The task
Each line of the records below that contains "FitsTerm" needs to be copied.

Records contained in a dataset:
━━━━━━━━

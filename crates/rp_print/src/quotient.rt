//! Quotients in lowest terms.
ghost use Rattle.std.specs.Prelude.{◌≡◌, ◌≤◌};
ghost use Rattle.rp_num.specs.Fraction.{FitsTerm};
ghost use Rattle.rp_print.specs.LowestTerms.{lowest_terms};

use rp_num::Frac;

/// `num/den` in lowest terms.
pub fn lowest_terms(num: u128, den: u128) -> Frac
    requires positive { 1 ≤ den }
    requires num_fits { FitsTerm num }
    requires den_fits { FitsTerm den }
    ensures { result ≡ lowest_terms num den }
{
    Frac::new(num, den)
}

━━━━━━━━

Exercise answer
ghost use Rattle.rp_num.specs.Fraction.{FitsTerm};
    requires num_fits { FitsTerm num }
    requires den_fits { FitsTerm den }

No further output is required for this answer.